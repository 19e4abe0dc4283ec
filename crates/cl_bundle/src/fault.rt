//! Why a text is no bundle.

ghost use Rattle.std.specs.Prelude.{◌≡◌};

use cl_config::{ConfigFault, ScriptFault};
use cl_writer::AssembleFault;
use std::alloc::{AllocError, AllocFailed};
use std::error::Error;
use std::fmt::{self, Display, Formatter};

/// What is wrong with a text that is no bundle.
#[derive(Debug, Drop, PartialEq, Eq)]
pub enum BundleFault {
    /// A line of the bundle, counted from 1; 0 is for a bundle that lacks a line.
    BadLine(usize),
    /// The assembler text of a class, with the class's name and loader as `N@L`.
    Class { class: String, fault: AssembleFault },
    Config(ConfigFault),
    Script(ScriptFault),
    /// Out of memory, where neither the assembler nor the script tells of it.
    Memory,
}

impl Display for BundleFault {
    ghost use Rattle.std.specs.Prelude.{Some};
    ghost use Rattle.cl_bundle.specs.Faults.{fault_text};

    ghost output = { λ fault. Some (fault_text fault) };

    fn fmt<W: fmt::Write>(&self, f: &mut Formatter<W>) -> fmt::Result {
        match self {
            BundleFault::BadLine(line) => write!(f, "bundle line {line}"),
            BundleFault::Class { class, fault } => write!(f, "class {class}: {fault}"),
            BundleFault::Config(fault) => write!(f, "config: {fault}"),
            BundleFault::Script(fault) => write!(f, "script: {fault}"),
            BundleFault::Memory => write!(f, "out of memory"),
        }
    }
}

impl Error for BundleFault {}

impl From<AllocError> for BundleFault {
    ghost use Rattle.cl_bundle.specs.declared.fault.BundleFault.TheVariants.{Memory};

    ghost from_gives = { λ _ e. e ≡ Memory };

    fn from(_error: AllocError) -> BundleFault {
        BundleFault::Memory
    }
}

impl<T: Drop> From<AllocFailed<T>> for BundleFault {
    ghost use Rattle.cl_bundle.specs.declared.fault.BundleFault.TheVariants.{Memory};

    ghost from_gives = { λ _ e. e ≡ Memory };

    fn from(_error: AllocFailed<T>) -> BundleFault {
        BundleFault::Memory
    }
}

impl From<ScriptFault> for BundleFault {
    ghost use Rattle.cl_bundle.specs.declared.fault.BundleFault.TheVariants.{Script};

    ghost from_gives = { λ fault e. e ≡ Script fault };

    fn from(fault: ScriptFault) -> BundleFault {
        BundleFault::Script(fault)
    }
}
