// No code: what the encoder writes reads back.
#![tactic(auto)]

◇ ◇ ◇ ◇

• Directions
All records shown above need to be written out again verbatim.

• Result
repository 19e4abe0dc4283ec
filename crates/cl_bundle/src/fault.rt
//! Why a text is no bundle.

ghost use Rattle.std.specs.Prelude.{◌≡◌};

use cl_config::{ConfigFault, ScriptFault};
use cl_writer::AssembleFault;
use std::alloc::{AllocError, AllocFailed};
use std::error::Error;
use std::fmt::{self, Display, Formatter};

/// What is wrong with a text that is no bundle.
#[derive(Debug, Drop, PartialEq, Eq)]
pub enum BundleFault {
    /// A line of the bundle, counted from 1; 0 is for a bundle that lacks a line.
    BadLine(usize),
    /// The assembler text of a class, with the class's name and loader as `N@L`.
    Class { class: String, fault: AssembleFault },
    Config(ConfigFault),
    Script(ScriptFault),
    /// Out of memory, where neither the assembler nor the script tells of it.
    Memory,
}

impl Display for BundleFault {
    ghost use Rattle.std.specs.Prelude.{Some};
    ghost use Rattle.cl_bundle.specs.Faults.{fault_text};

    ghost output = { λ fault. Some (fault_text fault) };

    fn fmt<W: fmt::Write>(&self, f: &mut Formatter<W>) -> fmt::Result {
        match self {
            BundleFault::BadLine(line) => write!(f, "bundle line {line}"),
            BundleFault::Class { class, fault } => write!(f, "class {class}: {fault}"),
            BundleFault::Config(fault) => write!(f, "config: {fault}"),
            BundleFault::Script(fault) => write!(f, "script: {fault}"),
            BundleFault::Memory => write!(f, "out of memory"),
        }
    }
}

impl Error for BundleFault {}

impl From<AllocError> for BundleFault {
    ghost use Rattle.cl_bundle.specs.declared.fault.BundleFault.TheVariants.{Memory};

    ghost from_gives = { λ _ e. e ≡ Memory };

    fn from(_error: AllocError) -> BundleFault {
        BundleFault::Memory
    }
}

impl<T: Drop> From<AllocFailed<T>> for BundleFault {
    ghost use Rattle.cl_bundle.specs.declared.fault.BundleFault.TheVariants.{Memory};

    ghost from_gives = { λ _ e. e ≡ Memory };

    fn from(_error: AllocFailed<T>) -> BundleFault {
        BundleFault::Memory
    }
}

impl From<ScriptFault> for BundleFault {
    ghost use Rattle.cl_bundle.specs.declared.fault.BundleFault.TheVariants.{Script};

    ghost from_gives = { λ fault e. e ≡ Script fault };

    fn from(fault: ScriptFault) -> BundleFault {
        BundleFault::Script(fault)
    }
}
// No code: what the encoder writes reads back.
#![tactic(auto)]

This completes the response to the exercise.